▶ **Prompt**
Lines with the string "collect" are to be identified in the listing and copied.

▶ **Records shown**
--------
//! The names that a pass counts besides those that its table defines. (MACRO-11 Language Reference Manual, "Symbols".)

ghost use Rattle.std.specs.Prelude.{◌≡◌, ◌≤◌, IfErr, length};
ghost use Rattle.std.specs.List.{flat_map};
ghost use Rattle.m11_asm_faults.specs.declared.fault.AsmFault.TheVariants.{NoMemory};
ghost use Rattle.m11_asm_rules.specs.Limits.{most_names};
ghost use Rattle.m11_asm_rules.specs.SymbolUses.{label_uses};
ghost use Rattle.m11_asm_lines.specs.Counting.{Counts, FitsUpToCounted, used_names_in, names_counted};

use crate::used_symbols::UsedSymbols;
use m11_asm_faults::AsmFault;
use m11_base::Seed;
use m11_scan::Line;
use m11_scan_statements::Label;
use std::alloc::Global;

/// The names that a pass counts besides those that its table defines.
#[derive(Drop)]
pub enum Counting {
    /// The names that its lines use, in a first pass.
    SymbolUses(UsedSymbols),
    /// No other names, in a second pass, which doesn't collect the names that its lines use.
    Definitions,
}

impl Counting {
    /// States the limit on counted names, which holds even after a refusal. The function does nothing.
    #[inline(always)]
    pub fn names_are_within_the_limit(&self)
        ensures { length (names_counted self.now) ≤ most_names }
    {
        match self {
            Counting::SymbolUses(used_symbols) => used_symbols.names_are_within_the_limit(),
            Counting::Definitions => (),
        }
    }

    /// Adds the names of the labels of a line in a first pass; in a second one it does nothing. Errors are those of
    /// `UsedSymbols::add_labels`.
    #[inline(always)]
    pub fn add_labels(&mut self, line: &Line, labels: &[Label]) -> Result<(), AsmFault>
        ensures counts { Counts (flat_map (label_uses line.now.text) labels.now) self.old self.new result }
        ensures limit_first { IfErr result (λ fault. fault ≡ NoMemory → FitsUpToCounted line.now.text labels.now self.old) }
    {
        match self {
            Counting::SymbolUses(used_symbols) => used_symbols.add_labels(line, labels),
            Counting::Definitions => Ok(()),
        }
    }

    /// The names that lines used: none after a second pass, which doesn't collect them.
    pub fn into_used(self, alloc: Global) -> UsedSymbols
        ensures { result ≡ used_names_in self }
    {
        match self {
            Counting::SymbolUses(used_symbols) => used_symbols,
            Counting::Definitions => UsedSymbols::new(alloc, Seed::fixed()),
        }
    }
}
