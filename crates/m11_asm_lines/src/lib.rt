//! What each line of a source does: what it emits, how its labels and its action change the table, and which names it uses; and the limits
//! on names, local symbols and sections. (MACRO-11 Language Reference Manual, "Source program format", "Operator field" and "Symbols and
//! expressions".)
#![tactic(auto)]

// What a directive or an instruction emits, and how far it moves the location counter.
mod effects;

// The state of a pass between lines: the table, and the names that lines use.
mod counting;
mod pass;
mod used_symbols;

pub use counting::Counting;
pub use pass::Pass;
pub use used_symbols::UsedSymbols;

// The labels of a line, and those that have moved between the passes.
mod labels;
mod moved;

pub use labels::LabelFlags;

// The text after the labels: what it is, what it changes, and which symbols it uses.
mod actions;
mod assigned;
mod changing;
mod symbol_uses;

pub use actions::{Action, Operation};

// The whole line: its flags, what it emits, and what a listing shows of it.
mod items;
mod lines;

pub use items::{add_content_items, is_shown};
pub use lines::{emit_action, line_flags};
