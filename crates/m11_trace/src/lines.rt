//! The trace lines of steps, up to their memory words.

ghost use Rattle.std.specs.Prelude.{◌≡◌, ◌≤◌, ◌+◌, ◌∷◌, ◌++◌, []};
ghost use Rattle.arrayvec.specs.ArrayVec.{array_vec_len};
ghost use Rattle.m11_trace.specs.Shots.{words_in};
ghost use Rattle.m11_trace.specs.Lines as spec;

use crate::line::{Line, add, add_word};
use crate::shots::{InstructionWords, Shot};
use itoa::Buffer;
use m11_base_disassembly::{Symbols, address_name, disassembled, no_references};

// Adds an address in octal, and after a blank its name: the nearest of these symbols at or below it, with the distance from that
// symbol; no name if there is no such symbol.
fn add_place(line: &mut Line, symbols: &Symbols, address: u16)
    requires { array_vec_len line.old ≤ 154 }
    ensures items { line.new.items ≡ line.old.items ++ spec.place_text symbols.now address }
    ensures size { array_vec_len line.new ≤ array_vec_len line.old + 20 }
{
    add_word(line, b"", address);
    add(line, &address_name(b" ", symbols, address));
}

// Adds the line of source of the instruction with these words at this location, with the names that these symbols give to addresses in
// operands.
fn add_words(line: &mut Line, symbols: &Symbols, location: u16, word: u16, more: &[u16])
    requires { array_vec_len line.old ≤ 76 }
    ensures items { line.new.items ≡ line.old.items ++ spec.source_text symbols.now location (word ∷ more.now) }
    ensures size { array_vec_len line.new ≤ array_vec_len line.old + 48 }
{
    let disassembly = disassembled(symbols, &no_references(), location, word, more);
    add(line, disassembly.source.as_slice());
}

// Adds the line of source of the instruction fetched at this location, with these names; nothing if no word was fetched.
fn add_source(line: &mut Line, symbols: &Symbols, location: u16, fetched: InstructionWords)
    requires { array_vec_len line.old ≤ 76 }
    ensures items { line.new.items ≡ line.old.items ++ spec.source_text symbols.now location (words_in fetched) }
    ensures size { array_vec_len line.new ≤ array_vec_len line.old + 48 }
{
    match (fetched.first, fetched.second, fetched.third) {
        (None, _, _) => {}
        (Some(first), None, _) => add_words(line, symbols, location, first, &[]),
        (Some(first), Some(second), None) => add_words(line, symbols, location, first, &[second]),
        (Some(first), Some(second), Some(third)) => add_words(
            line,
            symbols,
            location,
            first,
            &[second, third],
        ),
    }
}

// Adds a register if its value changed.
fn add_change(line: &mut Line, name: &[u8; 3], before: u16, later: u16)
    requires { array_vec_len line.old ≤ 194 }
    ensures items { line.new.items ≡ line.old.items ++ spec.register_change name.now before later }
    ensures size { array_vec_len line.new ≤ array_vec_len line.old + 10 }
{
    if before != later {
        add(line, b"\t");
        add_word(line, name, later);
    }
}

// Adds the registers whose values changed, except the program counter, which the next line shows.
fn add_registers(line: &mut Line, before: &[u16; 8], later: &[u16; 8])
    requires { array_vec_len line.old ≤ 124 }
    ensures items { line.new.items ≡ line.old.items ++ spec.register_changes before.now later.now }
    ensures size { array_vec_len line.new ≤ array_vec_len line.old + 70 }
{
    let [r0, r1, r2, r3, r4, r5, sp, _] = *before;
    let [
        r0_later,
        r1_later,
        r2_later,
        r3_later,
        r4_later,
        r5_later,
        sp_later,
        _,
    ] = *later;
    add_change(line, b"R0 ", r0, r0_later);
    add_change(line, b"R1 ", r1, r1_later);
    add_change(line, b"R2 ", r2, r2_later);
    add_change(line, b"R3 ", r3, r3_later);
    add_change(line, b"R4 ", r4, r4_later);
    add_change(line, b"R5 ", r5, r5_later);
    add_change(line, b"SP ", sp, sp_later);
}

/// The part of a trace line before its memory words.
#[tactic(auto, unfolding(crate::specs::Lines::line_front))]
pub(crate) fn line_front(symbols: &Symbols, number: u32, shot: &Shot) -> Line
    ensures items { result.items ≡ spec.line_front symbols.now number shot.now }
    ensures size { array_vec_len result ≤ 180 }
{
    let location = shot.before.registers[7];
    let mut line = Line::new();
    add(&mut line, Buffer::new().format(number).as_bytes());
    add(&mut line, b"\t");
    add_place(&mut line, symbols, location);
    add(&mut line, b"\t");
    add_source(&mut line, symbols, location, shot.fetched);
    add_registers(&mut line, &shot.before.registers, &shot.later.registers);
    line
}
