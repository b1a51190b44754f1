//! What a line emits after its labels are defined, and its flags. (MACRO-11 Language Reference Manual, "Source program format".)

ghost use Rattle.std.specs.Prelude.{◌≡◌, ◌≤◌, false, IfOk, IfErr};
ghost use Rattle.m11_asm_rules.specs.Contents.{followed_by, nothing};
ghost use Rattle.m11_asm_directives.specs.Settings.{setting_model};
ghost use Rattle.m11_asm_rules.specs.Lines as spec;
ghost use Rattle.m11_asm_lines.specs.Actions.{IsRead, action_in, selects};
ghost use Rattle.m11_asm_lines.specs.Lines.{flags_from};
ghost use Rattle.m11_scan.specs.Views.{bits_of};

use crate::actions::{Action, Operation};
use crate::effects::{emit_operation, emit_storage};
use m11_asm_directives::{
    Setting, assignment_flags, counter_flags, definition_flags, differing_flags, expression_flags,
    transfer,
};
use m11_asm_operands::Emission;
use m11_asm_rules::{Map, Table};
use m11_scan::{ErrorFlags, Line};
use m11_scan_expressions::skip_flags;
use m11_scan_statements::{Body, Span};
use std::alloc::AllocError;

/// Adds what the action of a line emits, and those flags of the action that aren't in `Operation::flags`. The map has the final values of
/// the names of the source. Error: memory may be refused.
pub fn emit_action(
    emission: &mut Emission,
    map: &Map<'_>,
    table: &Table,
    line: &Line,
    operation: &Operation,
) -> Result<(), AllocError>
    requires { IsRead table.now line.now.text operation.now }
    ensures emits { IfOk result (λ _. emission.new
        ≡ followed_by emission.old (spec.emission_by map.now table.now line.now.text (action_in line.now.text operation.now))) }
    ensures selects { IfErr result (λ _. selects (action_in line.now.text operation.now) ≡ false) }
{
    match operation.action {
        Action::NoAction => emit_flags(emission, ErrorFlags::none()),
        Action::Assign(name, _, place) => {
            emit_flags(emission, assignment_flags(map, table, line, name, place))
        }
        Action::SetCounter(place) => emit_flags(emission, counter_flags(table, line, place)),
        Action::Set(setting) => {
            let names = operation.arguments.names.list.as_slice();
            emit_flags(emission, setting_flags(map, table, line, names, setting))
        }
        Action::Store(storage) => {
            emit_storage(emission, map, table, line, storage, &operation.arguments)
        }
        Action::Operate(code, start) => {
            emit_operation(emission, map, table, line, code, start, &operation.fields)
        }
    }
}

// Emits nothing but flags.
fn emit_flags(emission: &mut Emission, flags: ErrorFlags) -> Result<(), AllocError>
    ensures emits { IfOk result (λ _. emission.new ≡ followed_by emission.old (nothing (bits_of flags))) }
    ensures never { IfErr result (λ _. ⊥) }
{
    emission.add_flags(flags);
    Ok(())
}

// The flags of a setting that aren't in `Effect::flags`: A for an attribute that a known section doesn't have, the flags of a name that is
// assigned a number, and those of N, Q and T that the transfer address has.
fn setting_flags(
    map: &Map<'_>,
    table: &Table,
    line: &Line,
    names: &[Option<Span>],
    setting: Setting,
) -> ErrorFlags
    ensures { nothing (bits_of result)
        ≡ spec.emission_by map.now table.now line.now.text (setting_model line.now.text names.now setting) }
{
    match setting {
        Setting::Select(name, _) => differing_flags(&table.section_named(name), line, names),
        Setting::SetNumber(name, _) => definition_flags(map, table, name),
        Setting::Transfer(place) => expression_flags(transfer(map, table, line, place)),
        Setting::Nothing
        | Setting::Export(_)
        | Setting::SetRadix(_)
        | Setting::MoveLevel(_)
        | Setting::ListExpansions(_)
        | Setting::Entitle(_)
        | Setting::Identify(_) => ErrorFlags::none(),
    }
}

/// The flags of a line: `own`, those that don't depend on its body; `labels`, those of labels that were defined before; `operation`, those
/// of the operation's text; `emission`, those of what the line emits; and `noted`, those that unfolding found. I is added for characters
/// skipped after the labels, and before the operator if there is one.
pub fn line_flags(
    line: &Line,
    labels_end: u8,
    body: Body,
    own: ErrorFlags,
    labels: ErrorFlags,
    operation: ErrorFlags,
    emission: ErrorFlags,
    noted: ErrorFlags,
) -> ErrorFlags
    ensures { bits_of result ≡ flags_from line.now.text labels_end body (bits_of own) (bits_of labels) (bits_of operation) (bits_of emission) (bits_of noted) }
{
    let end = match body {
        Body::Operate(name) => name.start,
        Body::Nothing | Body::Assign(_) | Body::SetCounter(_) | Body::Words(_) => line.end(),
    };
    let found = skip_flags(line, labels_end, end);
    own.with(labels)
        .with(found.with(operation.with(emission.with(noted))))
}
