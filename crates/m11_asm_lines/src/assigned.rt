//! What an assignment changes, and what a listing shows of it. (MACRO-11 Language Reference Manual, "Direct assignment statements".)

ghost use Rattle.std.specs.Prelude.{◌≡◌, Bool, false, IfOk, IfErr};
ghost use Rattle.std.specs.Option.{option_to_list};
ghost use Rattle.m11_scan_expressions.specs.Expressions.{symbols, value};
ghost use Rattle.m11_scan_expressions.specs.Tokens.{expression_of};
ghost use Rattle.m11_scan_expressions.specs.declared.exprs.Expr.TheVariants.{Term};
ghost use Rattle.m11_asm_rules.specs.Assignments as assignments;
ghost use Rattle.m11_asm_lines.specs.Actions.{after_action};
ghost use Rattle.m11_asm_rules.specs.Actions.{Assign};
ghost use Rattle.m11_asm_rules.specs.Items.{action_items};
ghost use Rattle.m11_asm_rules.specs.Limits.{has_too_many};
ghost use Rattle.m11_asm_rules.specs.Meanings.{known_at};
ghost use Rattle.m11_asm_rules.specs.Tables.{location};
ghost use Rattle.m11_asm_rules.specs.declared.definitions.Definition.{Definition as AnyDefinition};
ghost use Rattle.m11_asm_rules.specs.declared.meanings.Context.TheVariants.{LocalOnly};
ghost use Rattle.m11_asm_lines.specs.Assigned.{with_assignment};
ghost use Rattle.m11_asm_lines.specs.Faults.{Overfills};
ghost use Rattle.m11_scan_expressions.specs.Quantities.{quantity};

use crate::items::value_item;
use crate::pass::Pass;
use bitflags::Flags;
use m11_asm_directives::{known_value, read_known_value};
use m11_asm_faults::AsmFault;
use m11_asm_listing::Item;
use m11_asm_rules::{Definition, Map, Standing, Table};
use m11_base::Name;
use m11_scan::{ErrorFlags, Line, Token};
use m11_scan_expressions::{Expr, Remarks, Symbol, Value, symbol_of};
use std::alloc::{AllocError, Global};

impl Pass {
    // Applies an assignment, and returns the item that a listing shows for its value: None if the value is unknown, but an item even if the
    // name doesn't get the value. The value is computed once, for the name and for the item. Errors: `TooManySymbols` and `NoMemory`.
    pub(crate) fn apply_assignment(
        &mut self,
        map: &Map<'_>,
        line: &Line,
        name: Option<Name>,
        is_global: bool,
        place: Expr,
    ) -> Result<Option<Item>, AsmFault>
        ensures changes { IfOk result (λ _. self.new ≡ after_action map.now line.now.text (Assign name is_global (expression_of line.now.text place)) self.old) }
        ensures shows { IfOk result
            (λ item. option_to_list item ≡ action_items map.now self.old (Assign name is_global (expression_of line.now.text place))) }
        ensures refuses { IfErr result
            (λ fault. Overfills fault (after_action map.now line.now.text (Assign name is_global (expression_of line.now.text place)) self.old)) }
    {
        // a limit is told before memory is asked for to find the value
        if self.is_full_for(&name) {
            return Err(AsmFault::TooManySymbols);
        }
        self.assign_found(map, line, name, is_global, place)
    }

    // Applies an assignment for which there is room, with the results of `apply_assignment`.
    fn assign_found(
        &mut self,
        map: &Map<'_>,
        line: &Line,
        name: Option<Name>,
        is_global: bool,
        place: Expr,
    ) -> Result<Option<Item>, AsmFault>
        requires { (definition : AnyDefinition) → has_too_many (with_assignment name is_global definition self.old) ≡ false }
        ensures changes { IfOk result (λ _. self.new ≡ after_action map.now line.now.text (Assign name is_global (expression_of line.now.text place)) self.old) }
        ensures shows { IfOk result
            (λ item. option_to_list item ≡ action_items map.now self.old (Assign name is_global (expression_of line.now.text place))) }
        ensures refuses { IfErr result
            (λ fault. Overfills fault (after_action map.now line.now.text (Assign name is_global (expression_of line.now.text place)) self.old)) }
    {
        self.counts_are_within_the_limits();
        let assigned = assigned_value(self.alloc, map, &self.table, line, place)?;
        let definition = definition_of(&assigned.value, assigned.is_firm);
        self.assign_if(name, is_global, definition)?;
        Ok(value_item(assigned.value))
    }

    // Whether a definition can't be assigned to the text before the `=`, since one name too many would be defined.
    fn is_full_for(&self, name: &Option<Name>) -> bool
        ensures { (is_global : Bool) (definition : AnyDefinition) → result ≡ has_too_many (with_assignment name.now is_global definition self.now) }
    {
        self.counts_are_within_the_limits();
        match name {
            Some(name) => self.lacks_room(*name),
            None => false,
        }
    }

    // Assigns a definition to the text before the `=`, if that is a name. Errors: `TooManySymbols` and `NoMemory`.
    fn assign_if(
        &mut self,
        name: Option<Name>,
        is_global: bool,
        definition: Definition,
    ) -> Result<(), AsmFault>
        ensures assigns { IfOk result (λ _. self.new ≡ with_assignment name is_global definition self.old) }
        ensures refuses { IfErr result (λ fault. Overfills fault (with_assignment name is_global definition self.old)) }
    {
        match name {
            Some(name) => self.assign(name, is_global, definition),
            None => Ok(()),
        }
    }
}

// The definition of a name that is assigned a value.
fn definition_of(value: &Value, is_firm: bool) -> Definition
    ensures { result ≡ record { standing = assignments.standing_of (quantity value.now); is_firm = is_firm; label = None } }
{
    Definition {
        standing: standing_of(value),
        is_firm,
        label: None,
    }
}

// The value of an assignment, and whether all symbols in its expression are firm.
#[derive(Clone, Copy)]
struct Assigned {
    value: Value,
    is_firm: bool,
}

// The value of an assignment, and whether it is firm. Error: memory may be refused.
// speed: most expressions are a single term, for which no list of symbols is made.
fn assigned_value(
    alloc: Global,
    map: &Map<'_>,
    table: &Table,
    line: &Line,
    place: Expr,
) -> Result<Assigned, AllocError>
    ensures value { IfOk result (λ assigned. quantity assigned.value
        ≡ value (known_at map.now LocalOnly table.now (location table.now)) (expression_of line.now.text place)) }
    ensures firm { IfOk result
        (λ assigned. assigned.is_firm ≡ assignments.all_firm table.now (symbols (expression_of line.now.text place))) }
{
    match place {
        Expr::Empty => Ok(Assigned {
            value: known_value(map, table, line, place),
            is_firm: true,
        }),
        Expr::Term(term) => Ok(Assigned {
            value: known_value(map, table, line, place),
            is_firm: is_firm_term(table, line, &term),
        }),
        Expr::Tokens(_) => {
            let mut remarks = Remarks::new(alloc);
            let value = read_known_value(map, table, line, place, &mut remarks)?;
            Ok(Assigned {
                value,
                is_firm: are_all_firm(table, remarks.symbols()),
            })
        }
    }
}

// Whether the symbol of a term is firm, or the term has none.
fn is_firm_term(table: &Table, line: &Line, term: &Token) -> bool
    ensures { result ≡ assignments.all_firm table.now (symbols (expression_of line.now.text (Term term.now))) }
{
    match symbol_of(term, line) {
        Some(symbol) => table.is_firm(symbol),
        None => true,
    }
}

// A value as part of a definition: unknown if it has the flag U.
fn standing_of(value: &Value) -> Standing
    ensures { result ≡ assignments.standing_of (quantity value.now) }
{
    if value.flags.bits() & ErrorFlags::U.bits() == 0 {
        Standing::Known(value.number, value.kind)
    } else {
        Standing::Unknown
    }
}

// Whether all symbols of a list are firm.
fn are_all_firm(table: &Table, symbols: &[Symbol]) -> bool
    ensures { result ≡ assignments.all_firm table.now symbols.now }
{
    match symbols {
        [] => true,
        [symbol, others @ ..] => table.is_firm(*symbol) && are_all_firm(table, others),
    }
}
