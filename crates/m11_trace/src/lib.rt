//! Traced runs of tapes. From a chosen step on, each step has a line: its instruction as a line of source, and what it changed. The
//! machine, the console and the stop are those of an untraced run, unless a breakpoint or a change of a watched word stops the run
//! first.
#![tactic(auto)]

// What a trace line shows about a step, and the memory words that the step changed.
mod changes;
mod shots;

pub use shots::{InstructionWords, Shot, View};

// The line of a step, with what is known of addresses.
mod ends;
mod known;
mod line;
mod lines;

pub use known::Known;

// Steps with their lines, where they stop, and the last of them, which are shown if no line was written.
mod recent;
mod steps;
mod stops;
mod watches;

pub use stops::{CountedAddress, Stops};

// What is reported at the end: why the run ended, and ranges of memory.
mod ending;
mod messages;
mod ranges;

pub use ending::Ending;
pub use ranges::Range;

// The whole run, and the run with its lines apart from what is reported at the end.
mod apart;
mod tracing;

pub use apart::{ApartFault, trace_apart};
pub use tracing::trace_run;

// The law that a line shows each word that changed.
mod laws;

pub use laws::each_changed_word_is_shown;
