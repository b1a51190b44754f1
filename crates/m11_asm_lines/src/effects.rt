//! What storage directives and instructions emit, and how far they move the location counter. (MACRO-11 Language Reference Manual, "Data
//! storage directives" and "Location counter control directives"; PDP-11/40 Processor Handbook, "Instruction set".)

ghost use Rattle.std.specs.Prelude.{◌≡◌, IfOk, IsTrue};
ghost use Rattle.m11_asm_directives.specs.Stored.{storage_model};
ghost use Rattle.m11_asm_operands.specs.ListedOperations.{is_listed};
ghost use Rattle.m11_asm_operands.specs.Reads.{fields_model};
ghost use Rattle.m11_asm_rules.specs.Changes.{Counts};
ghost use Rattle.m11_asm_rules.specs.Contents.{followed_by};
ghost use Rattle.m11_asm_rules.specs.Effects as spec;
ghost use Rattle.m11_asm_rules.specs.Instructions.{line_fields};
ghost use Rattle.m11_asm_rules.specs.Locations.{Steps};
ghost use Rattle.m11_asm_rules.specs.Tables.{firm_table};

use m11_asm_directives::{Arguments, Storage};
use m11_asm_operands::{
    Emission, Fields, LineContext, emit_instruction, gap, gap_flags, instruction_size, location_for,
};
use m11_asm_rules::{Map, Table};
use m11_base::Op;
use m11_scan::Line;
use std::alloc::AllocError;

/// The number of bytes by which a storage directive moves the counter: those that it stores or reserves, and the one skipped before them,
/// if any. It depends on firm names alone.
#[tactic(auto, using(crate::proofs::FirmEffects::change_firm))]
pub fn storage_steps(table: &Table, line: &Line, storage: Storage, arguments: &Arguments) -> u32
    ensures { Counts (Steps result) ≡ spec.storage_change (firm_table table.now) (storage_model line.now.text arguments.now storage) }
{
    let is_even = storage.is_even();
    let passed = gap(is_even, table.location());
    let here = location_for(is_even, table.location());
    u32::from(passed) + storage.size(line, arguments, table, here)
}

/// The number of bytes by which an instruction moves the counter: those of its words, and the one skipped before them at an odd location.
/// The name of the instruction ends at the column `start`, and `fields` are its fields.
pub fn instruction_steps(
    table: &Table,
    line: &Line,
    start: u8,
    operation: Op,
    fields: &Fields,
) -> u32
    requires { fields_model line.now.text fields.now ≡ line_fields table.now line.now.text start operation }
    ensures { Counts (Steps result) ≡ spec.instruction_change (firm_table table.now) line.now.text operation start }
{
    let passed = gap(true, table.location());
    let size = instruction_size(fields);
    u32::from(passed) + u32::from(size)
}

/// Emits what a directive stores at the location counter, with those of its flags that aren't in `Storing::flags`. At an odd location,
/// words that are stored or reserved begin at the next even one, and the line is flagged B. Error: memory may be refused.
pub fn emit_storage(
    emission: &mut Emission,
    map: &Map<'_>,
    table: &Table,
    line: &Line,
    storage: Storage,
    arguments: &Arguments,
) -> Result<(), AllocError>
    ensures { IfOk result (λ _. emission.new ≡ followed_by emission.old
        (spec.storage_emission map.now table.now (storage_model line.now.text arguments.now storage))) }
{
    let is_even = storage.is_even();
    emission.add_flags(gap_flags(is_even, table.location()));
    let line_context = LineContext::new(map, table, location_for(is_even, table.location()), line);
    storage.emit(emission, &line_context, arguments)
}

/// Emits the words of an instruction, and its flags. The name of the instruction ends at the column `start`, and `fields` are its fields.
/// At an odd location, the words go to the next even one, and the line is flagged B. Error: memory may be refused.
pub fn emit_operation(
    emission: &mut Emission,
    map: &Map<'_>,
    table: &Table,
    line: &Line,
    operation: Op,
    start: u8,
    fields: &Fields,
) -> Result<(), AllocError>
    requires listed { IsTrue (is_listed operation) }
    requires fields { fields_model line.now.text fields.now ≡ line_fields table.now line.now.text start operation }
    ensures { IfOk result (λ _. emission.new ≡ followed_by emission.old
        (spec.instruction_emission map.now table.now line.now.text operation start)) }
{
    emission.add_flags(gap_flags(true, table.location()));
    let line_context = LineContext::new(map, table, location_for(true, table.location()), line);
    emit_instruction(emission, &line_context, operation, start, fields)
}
--------
▶ **Answer area**
    /// No other names, in a second pass, which doesn't collect the names that its lines use.
    /// The names that lines used: none after a second pass, which doesn't collect them.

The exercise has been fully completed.